Sospirai e mi morsi il labbro. 

«Io non l'assecondo,» Risposi a denti stretti. «cerco di non ricordarle che non sono Diego e che lui non è qui.»

Lanciai una veloce occhiata a mia madre, ma lei era troppo presa a scrivere per rendersi conto di cosa stessi dicendo.

«Invece di lasciarla alle sue fantasie, aiutala e toglile quel vino da davanti.» Abbassò il giornale e mi guardò con insistenza. Gli occhi verdi, attraverso le lenti degli occhiali neri, erano estremamente intensi. 

Mi guardavano con serietà.

Sapeva cosa sarebbe accaduto se glielo avessi tolto, non era qualcosa che avremmo potuto risolvere noi. Era consapevole del fatto che l'unico modo sarebbe stato quello di farla andare in un centro di recupero e glielo avevo ripetuto diverse volte.

«Se continua a bere così è colpa tua.» Lo sfidai a denti stretti.

«Mia?» Poggiò il giornale sul vetro e si sporse verso di me assottigliando gli occhi. «Non è colpa mia se si è ridotta così, è stata una sua scelta. Sai che non vuole essere portata in quel centro.»

Mi alzai di scatto spingendo la sedia con le gambe. 

«Dovresti obbligarla. Non so a te, ma a me non piace per niente vederla così.» Gliela indicai con la mano. «L'hai sentito anche tu lo psicologo, non possiamo lasciarla in queste condizioni.»

Mio padre sorrise con supponenza e riportò la schiena appoggiata alla sedia. 

«Fosse per me non andrebbe neanche lì. Non è migliorata di una virgola.» La guardò per un momento prima di tornare a fissarmi. Potevo benissimo percepire tutta la sofferenza che quello sguardo gli era costato.

Mi squadrò per intero e mi sentii più nudo di quanto non fossi con il costume.

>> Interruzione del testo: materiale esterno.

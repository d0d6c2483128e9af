ghost use Rattle.std.specs.Prelude.{◌≡◌, ◌≤◌, true, length, IfOk};
ghost use Rattle.rp_geometry.specs.Geometry.{is_box_in_bounds};
ghost use Rattle.rp_geometry.specs.sections.Trace.{IsHeight};
ghost use Rattle.rp_space.specs.Boxes.{integer_box};
ghost use Rattle.rp_reports.specs.Output.{most_report_bytes};

use rp_oracle::Stopped;
use rp_space::{Corner, Half, Halves, IntBox, box_halves};
use rp_trail::{
    Form, Kept, Trail, common, copy, differed, joined, made, prismed, slices, touching,
};
use std::alloc::Global;
use std::process::Abort;

/// A box from 0 to 10 on each axis.
const WEST: IntBox = IntBox {
    lo: [0, 0, 0],
    hi: [10, 10, 10],
};

/// A box that shares points with `WEST`.
const MIDDLE: IntBox = IntBox {
    lo: [4, 2, 2],
    hi: [12, 8, 8],
};

/// Shows that a type may be sent to other threads and shared with them.
fn needs_send_sync<T: Send + Sync>() {}

#[test]
fn types_cross_threads() {
    needs_send_sync::<Kept>();
    needs_send_sync::<Form>();
    needs_send_sync::<Trail<'static>>();
}

#[test]
fn a_trail_gives_the_lines_in_order(rt: HostRuntime) {
    let mut trail = Trail::new(b"first\n\nthird\r\nlast");
    let lines: [(u32, &[u8]); 4] = [(1, b"first"), (2, b""), (3, b"third\r"), (4, b"last")];
    for (number, line) in lines {
        assert_eq!(rt; trail.number(), number);
        assert_eq!(rt; trail.peek(), Some(line));
        trail.take();
    }
    assert_eq!(rt; trail.number(), 5);
    assert_eq!(rt; trail.peek(), None);
}

#[test]
fn a_trail_counts_tests_up_to_the_limit(rt: HostRuntime) {
    let mut trail = Trail::new(b"= refused limit\n");
    assert!(rt; trail.tells_limit());
    assert!(rt; trail.count(65536));
    trail.begin();
    assert!(rt; trail.count(65536));
}

#[test]
fn a_test_takes_a_line_that_passes(rt: HostRuntime) {
    let mut trail = Trail::new(b"  in (6 6 6 1)\n  at (10 3 3 1)\n");
    let found = trail.strict(&box_halves(&WEST), &box_halves(&MIDDLE));
    assert_eq!(rt; found, Ok(true));
    let found = trail.weak(&box_halves(&WEST), &box_halves(&MIDDLE));
    assert_eq!(rt; found, Ok(true));
    assert_eq!(rt; trail.number(), 3);
}

/// Returns the half-spaces of `WEST` and one that adds nothing.
fn loose_box(rt: &impl Abort, alloc: Global) -> Halves
    ensures { length result.items ≤ 64 }
{
    let mut halves = Halves::copy_of(alloc, &box_halves(&WEST)).expect(rt, "no memory");
    halves
        .push(Half::new(1, 0, 0, 1).expect(rt, "no half-space"))
        .expect(rt, "no memory");
    halves
}

/// Follows a part test of a box with one half-space that adds nothing.
fn loose_part(rt: &impl Abort, alloc: Global, report: &[u8]) -> (Option<Kept>, u32)
    requires { length report.now ≤ most_report_bytes }
{
    let mut trail = Trail::new(report);
    let halves = loose_box(rt, alloc);
    let part = made(alloc, halves.items(), &mut trail).expect(rt, "a part test stops");
    (part, trail.number())
}

#[test]
fn a_part_test_drops_what_adds_nothing(rt: HostRuntime) {
    let report =
        b"  in (1 1 1 1)\n  drop (1 0 0 1) 1*(1 0 0 0) 1*(-1 0 0 -1)\n  box 0 0 0 10 10 10\n";
    let (part, number) = loose_part(&rt, rt.alloc(), report);
    let part = part.expect(&rt, "no part");
    assert_eq!(rt; number, 4);
    assert_eq!(rt; part.halves.items(), box_halves(&WEST).as_slice());
    assert_eq!(rt; part.copy(rt.alloc()).expect(&rt, "no memory").bounds, WEST);
}

/// Returns the form of a box, by a part test.
fn box_form(rt: &impl Abort, alloc: Global, bounds: &IntBox, trail: &mut Trail<'_>) -> Form
    requires { is_box_in_bounds (integer_box bounds.now) ≡ true }
{
    let mut form = Form::new(alloc);
    let part = made(alloc, &box_halves(bounds), trail).expect(rt, "a part test stops");
    if let Some(part) = part {
        form.push(part).expect(rt, "no memory");
    }
    form
}

/// Returns the forms of `WEST` and of `second`.
fn two_boxes(rt: &impl Abort, alloc: Global, second: &IntBox, trail: &mut Trail<'_>) -> (Form, Form)
    requires { is_box_in_bounds (integer_box second.now) ≡ true }
{
    let west = box_form(rt, alloc, &WEST, trail);
    let second = box_form(rt, alloc, second, trail);
    (west, second)
}

#[test]
fn a_join_has_the_common_part(rt: HostRuntime) {
    let mut trail = Trail::new(
        b"  in (1 1 1 1)\n  box 0 0 0 10 10 10\n  in (6 6 6 1)\n  box 4 2 2 12 8 8\n  in (6 6 6 1)\n  box 4 2 2 10 8 8\n",
    );
    let (west, middle) = two_boxes(&rt, rt.alloc(), &MIDDLE, &mut trail);
    let both = joined(rt.alloc(), &west, &middle, &mut trail).expect(&rt, "a test stops");
    assert_eq!(rt; trail.number(), 7);
    let [part] = both.items() else {
        panic!(rt; "not one part");
    };
    assert_eq!(rt; part.halves.items().len(), 12);
    assert_eq!(rt; part.bounds.hi, [10, 8, 8]);
    assert_eq!(rt;
        copy(rt.alloc(), &both)
            .expect(&rt, "no memory")
            .items()
            .len(),
        1
    );
}

#[test]
fn a_difference_is_carved(rt: HostRuntime) {
    let mut trail = Trail::new(
        b"  in (1 1 1 1)\n  box 0 0 0 10 10 10\n  in (1 1 1 1)\n  box 0 0 0 4 10 10\n  in (1 1 1 1)\n  out 1*(1 0 0 0) 1*(-1 0 0 0)\n  in (5 5 5 1)\n  box 4 0 0 10 10 10\n  out 1*(0 1 0 0) 1*(0 -1 0 0)\n  out 1*(0 -1 0 10) 1*(0 1 0 -10)\n  out 1*(0 0 1 0) 1*(0 0 -1 0)\n  out 1*(0 0 -1 10) 1*(0 0 1 -10)\n",
    );
    let second = IntBox {
        lo: [0, 0, 0],
        hi: [4, 10, 10],
    };
    let (west, second) = two_boxes(&rt, rt.alloc(), &second, &mut trail);
    let rest = differed(rt.alloc(), &west, &second, &mut trail).expect(&rt, "a test stops");
    assert_eq!(rt; trail.number(), 13);
    let [part] = rest.items() else {
        panic!(rt; "not one part");
    };
    assert_eq!(rt; part.halves.items().len(), 8);
    assert_eq!(rt; part.bounds.lo, [4, 0, 0]);
}

#[test]
fn boxes_with_a_common_part_meet(rt: HostRuntime) {
    let mut trail = Trail::new(
        b"  in (1 1 1 1)\n  box 0 0 0 10 10 10\n  in (6 6 6 1)\n  box 4 2 2 12 8 8\n  in (6 6 6 1)\n  at (10 2 2 1)\n  in (9 3 3 1)\n  at (6 6 6 1)\n",
    );
    let (west, middle) = two_boxes(&rt, rt.alloc(), &MIDDLE, &mut trail);
    for near in [false, true] {
        assert!(rt; common(&west, &middle, near, &mut trail).expect(&rt, "a test stops"));
        assert!(rt; touching(&west, &middle, near, &mut trail).expect(&rt, "a test stops"));
    }
    assert_eq!(rt; trail.number(), 9);
}

/// A square.
const SQUARE: [Corner; 4] = [
    Corner { x: 0, y: 0 },
    Corner { x: 10, y: 0 },
    Corner { x: 10, y: 10 },
    Corner { x: 0, y: 10 },
];

/// Returns the form of the square, raised from 0 to 10, and the number of the next line after it.
fn raised_square(alloc: Global, report: &[u8]) -> (Result<Form, Stopped>, u32)
    requires { length report.now ≤ most_report_bytes }
{
    let mut trail = Trail::new(report);
    let form = prismed(alloc, 0, 10, &SQUARE, &mut trail);
    (form, trail.number())
}

#[test]
fn a_raised_square_is_one_part(rt: HostRuntime) {
    let (form, number) = raised_square(
        rt.alloc(),
        b"  out 1*(0 1 0 0) 1*(0 -1 0 0)\n  in (1 1 1 1)\n  box 0 0 0 10 10 10\n",
    );
    assert_eq!(rt; number, 4);
    let form = form.expect(&rt, "no form");
    let [part] = form.items() else {
        panic!(rt; "not one part");
    };
    assert_eq!(rt; part.halves.items(), box_halves(&WEST).as_slice());
}

/// Follows the slices of the first box and of the one in its middle at a height, on the lines behind those of their
/// part tests: how many there are, and the number of the next line then.
fn slices_of_two(
    rt: &impl Abort,
    alloc: Global,
    z: i32,
    report: &[u8],
) -> (Result<usize, Stopped>, u32)
    requires height { IsHeight z }
    requires short { length report.now ≤ most_report_bytes }
{
    let mut trail = Trail::new(report);
    let (mut form, middle) = two_boxes(rt, alloc, &MIDDLE, &mut trail);
    form.append(middle).expect(rt, "no memory");
    let mut ahead = trail.ahead();
    let found = slices(alloc, &form, z, &mut ahead).map(|slices| slices.items().len());
    (found, ahead.number())
}

#[test]
fn slices_are_taken_where_they_pass(rt: HostRuntime) {
    let rings =
        b"  in (1 1 1 1)\n  box 0 0 0 10 10 10\n  in (6 6 6 1)\n  box 4 2 2 12 8 8\n= ring (1 0 0) (0 0 5 1) (0 1 0) (10 0 5 1) (-1 0 10) (10 10 5 1) (0 -1 10) (0 10 5 1)\n= ring (1 0 -4) (4 2 5 1) (0 1 -2) (12 2 5 1) (-1 0 12) (12 8 5 1) (0 -1 8) (4 8 5 1)\n";
    assert_eq!(rt; slices_of_two(&rt, rt.alloc(), 5, rings), (Ok(2), 7));
}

«Dovresti smetterla di mangiare quelle schifezze.» Tornò a leggere con non curanza. «Ci hai messo tanto impegno per diventare così ed entrare nella squadra di nuoto, non mandare tutto all'aria per un po' di cibo.»

Mi squadrò ancora un'ultima volta da sopra gli occhiali. Mi chiesi come fosse possibile che quello stesso uomo che rifiutava di prendersi cura della sua famiglia fosse lo stesso che gli alunni amavano così tanto.

Lanciai il biscotto sul tavolo e me ne andai.

Chiusi la porta del bagno e poggia le mani sul lavandino. Le lacrime cominciarono, veloci, ad uscire da sole. 
Guardai il mio riflesso sfocato nello specchio. Mi passai una mano sugli occhi e me li asciugai inutilmente. 

Poggiai attentamente il mio sguardo su ogni centimetro di pelle scoperta. Le spalle larghe, i pettorali, gli addominali. Avevo sofferto tanto prima di essere così e per essere così, eppure ancora non era abbastanza.

Un nodo mi serrò lo stomaco e un senso di nausea mi invase completamente. Mi piegai sul lavabo e mi liberai di tutto ciò che avevo dentro. 

Nonostante non avessi mangiato niente durante la giornata, mi sentivo ancora pieno.

Brividi di freddo mi percorsero le braccia nude e le lacrime ripresero il loro percorso sulle mie guance. 

Odiavo farlo. Odiavo quello che ero diventato.

Alzai a fatica lo sguardo e mi persi nei giardini dei miei occhi languidi. Non riuscivo mai a riconoscermi quando avevo finito.
Un pianto irrefrenabile prese il sopravvento. Non riuscivo più a sopportare il mio riflesso, quello che, per molti anni, era stato anche il suo di riflesso. Perché un po' era come se lo stessi facendo anche a lui. 

Solo gli occhi erano diversi. I suoi di un intenso azzurro, esattamente come quelli di nostra madre.

Mi sedetti a terra e nascosi il viso tra le braccia.
Ero destinato a condividere con lui, per sempre, una parte di me.

«Perdonami.» Sussurrai a fatica. «Perdonami, avevo promesso che non sarebbe capitato mai più.»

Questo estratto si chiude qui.